WellTok Lands $18.7M From NEA, Emergence & Others - gabeh
http://techcrunch.com/2013/04/10/welltok-lands-18-7m-from-nea-emergence-others-to-make-your-health-plan-more-engaging/

======
gabeh
WellTok is hiring. We're located in lower downtown Denver, just a few blocks
from Coors field. We'll do relocation if you're not living around here. If
you're interested in helping to solve some pretty important problems that can
make you feel really good about the work you're doing, like helping folks get
healthier or managing their chronic conditions, in a HUGE space (15% of the US
GDP!), we would probably be a good fit.

Rails - We're looking for a seasoned full-stack engineer with experience
building distributed systems and has spent some time with Rails. This person
will be our seed engineer for this new chapter of growth that Welltok is
starting - be our core systems team's coefficient!

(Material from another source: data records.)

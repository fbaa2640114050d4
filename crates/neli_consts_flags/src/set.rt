//! A set of named bits, and what distinguishes one kind of sets from another.

ghost use Rattle.std.specs.Prelude.{⊤, ◌≡◌, ◌-◌, ◌^◌, List, map, refl};
ghost use Rattle.std.specs.Int.RustNames.{bit_and, bit_or, bit_xor};
ghost use Rattle.bitflags.specs.Sets.{Row, known_bits, without};

use bitflags::{Bits, Flag, Flags};
use neli_wire::{Constant, WireNumber};
use std::fmt::{Debug, Formatter, Write};
use std::ops::{
    BitAnd, BitAndAssign, BitOr, BitOrAssign, BitXor, BitXorAssign, Not, Sub, SubAssign,
};

/// A set of bits of a number of type `N`, whose kind gives the bits their names: [`Iff`](crate::Iff) and the other sets
/// of this crate are its instances, one for each `KIND`.
#[derive(Clone, Copy, PartialEq, Eq)]
pub struct FlagSet<N, const KIND: u8>(pub(crate) N);

/// The kind with this number, for [`Kind`].
pub struct Of<const KIND: u8>;

/// The names of the bits of a kind's sets.
pub trait Kind<N: Bits, const KIND: u8> {
    // Each name and its bits.
    ghost names: { List Row };

    /// The name of the kind's sets, as `Debug` prints it.
    fn name<'a>() -> &'a str;

    /// The named flags, in the order in which the sets print them.
    fn flags<'a>() -> &'a [Flag<FlagSet<N, KIND>>]
        ensures { map (λ f. (f.name.now, N.pattern f.value.0)) result.now ≡ names };
}

impl<N: Bits, const KIND: u8> FlagSet<N, KIND>
where
    Of<KIND>: Kind<N, KIND>,
{
    /// The set without any bit.
    pub fn empty() -> FlagSet<N, KIND>
        ensures { N.pattern result.0 ≡ 0 }
    {
        FlagSet(N::empty())
    }
}

impl<N: Bits, const KIND: u8> Flags for FlagSet<N, KIND>
where
    Of<KIND>: Kind<N, KIND>,
{
    type Bits = N;

    ghost exact = { ⊤ };

    ghost table = { ⟦<Of<KIND> as Kind<N, KIND>>⟧.names };

    ghost set_of = { λ flags. N.pattern flags.0 };

    fn flags<'a>() -> &'a [Flag<FlagSet<N, KIND>>] {
        <Of<KIND> as Kind<N, KIND>>::flags()
    }

    fn bits(&self) -> N {
        self.0
    }

    fn from_bits_retain(bits: N) -> FlagSet<N, KIND> {
        FlagSet(bits)
    }
}

impl<N: Bits, const KIND: u8> BitOr for FlagSet<N, KIND>
where
    Of<KIND>: Kind<N, KIND>,
{
    type Output = FlagSet<N, KIND>;

    ghost bitor_gives = { λ a b flags. N.pattern flags.0
        ≡ bit_or (N.pattern a.0) (N.pattern b.0) };

    fn bitor(self, other: FlagSet<N, KIND>) -> FlagSet<N, KIND> {
        self.union(other)
    }
}

impl<N: Bits, const KIND: u8> BitOrAssign for FlagSet<N, KIND>
where
    Of<KIND>: Kind<N, KIND>,
{
    ghost bitor_assign_gives = { λ a b flags. N.pattern flags.0
        ≡ bit_or (N.pattern a.0) (N.pattern b.0) };

    fn bitor_assign(&mut self, other: FlagSet<N, KIND>) {
        *self = self.union(other);
    }
}

impl<N: Bits, const KIND: u8> BitAnd for FlagSet<N, KIND>
where
    Of<KIND>: Kind<N, KIND>,
{
    type Output = FlagSet<N, KIND>;

    ghost bitand_gives = { λ a b flags. N.pattern flags.0
        ≡ bit_and (N.pattern a.0) (N.pattern b.0) };

    fn bitand(self, other: FlagSet<N, KIND>) -> FlagSet<N, KIND> {
        self.intersection(other)
    }
}

impl<N: Bits, const KIND: u8> BitAndAssign for FlagSet<N, KIND>
where
    Of<KIND>: Kind<N, KIND>,
{
    ghost bitand_assign_gives = { λ a b flags. N.pattern flags.0
        ≡ bit_and (N.pattern a.0) (N.pattern b.0) };

    fn bitand_assign(&mut self, other: FlagSet<N, KIND>) {
        *self = self.intersection(other);
    }
}

impl<N: Bits, const KIND: u8> BitXor for FlagSet<N, KIND>
where
    Of<KIND>: Kind<N, KIND>,
{
    type Output = FlagSet<N, KIND>;

    ghost bitxor_gives = { λ a b flags. N.pattern flags.0
        ≡ bit_xor (N.pattern a.0) (N.pattern b.0) };

    fn bitxor(self, other: FlagSet<N, KIND>) -> FlagSet<N, KIND> {
        self.symmetric_difference(other)
    }
}

impl<N: Bits, const KIND: u8> BitXorAssign for FlagSet<N, KIND>
where
    Of<KIND>: Kind<N, KIND>,
{
    ghost bitxor_assign_gives = { λ a b flags. N.pattern flags.0
        ≡ bit_xor (N.pattern a.0) (N.pattern b.0) };

    fn bitxor_assign(&mut self, other: FlagSet<N, KIND>) {
        *self = self.symmetric_difference(other);
    }
}

impl<N: Bits, const KIND: u8> Sub for FlagSet<N, KIND>
where
    Of<KIND>: Kind<N, KIND>,
{
    type Output = FlagSet<N, KIND>;

    ghost sub_gives = { λ a b flags. N.pattern flags.0
        ≡ without N.size (N.pattern a.0) (N.pattern b.0) };

    fn sub(self, other: FlagSet<N, KIND>) -> FlagSet<N, KIND> {
        self.difference(other)
    }
}

impl<N: Bits, const KIND: u8> SubAssign for FlagSet<N, KIND>
where
    Of<KIND>: Kind<N, KIND>,
{
    ghost sub_assign_gives = { λ a b flags. N.pattern flags.0
        ≡ without N.size (N.pattern a.0) (N.pattern b.0) };

    fn sub_assign(&mut self, other: FlagSet<N, KIND>) {
        *self = self.difference(other);
    }
}

impl<N: Bits, const KIND: u8> Not for FlagSet<N, KIND>
where
    Of<KIND>: Kind<N, KIND>,
{
    type Output = FlagSet<N, KIND>;

    ghost not_gives = { λ a flags. N.pattern flags.0
        ≡ bit_and (2 ^ N.size - 1 - N.pattern a.0)
        (known_bits ⟦<Of<KIND> as Kind<N, KIND>>⟧.names) };

    fn not(self) -> FlagSet<N, KIND> {
        self.complement()
    }
}

impl<N: Bits, const KIND: u8> From<N> for FlagSet<N, KIND>
where
    Of<KIND>: Kind<N, KIND>,
{
    ghost from_gives = { λ bits flags. N.pattern flags.0
        ≡ bit_and (N.pattern bits) (known_bits ⟦<Of<KIND> as Kind<N, KIND>>⟧.names) };

    fn from(bits: N) -> FlagSet<N, KIND> {
        FlagSet::<N, KIND>::from_bits_truncate(bits)
    }
}

impl<const KIND: u8> From<FlagSet<u8, KIND>> for u8
where
    Of<KIND>: Kind<u8, KIND>,
{
    ghost from_gives = { λ flags bits. bits ≡ flags.0 };

    fn from(flags: FlagSet<u8, KIND>) -> u8 {
        flags.0
    }
}

impl<const KIND: u8> From<FlagSet<u16, KIND>> for u16
where
    Of<KIND>: Kind<u16, KIND>,
{
    ghost from_gives = { λ flags bits. bits ≡ flags.0 };

    fn from(flags: FlagSet<u16, KIND>) -> u16 {
        flags.0
    }
}

impl<const KIND: u8> From<FlagSet<u32, KIND>> for u32
where
    Of<KIND>: Kind<u32, KIND>,
{
    ghost from_gives = { λ flags bits. bits ≡ flags.0 };

    fn from(flags: FlagSet<u32, KIND>) -> u32 {
        flags.0
    }
}

impl<N: Bits + Debug, const KIND: u8> Debug for FlagSet<N, KIND>
where
    Of<KIND>: Kind<N, KIND>,
{
    fn fmt<W: Write>(&self, f: &mut Formatter<W>) -> std::fmt::Result {
        f.debug_tuple(<Of<KIND> as Kind<N, KIND>>::name())
            .field(&self.0)
            .finish()
    }
}

impl<N: Bits + WireNumber, const KIND: u8> Constant for FlagSet<N, KIND>
where
    Of<KIND>: Kind<N, KIND>,
{
    type Number = N;

    ghost wire_number = { λ flags. flags.0 };

    ghost wire_value = { λ bits. record { 0 = bits } };

    fn from_wire(number: N) -> FlagSet<N, KIND> {
        FlagSet(number)
    }

    fn to_wire(&self) -> N {
        self.0
    }

    ghost back_to_number = { λ _ _. refl };
}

JS - We're looking for someone who has a real interest in javascript in the
browser. You should have some full-stack experience, but you've narrowed your
focus a little bit towards the top of the stack. You should be familiar with
the frameworks that bring structure and organization to applications
(backbone.js, angularjs, ember, etc). You'll be using our Rails apps for your
data needs so you should have familiarity with Rails.

Feel free to contact me directly with questions.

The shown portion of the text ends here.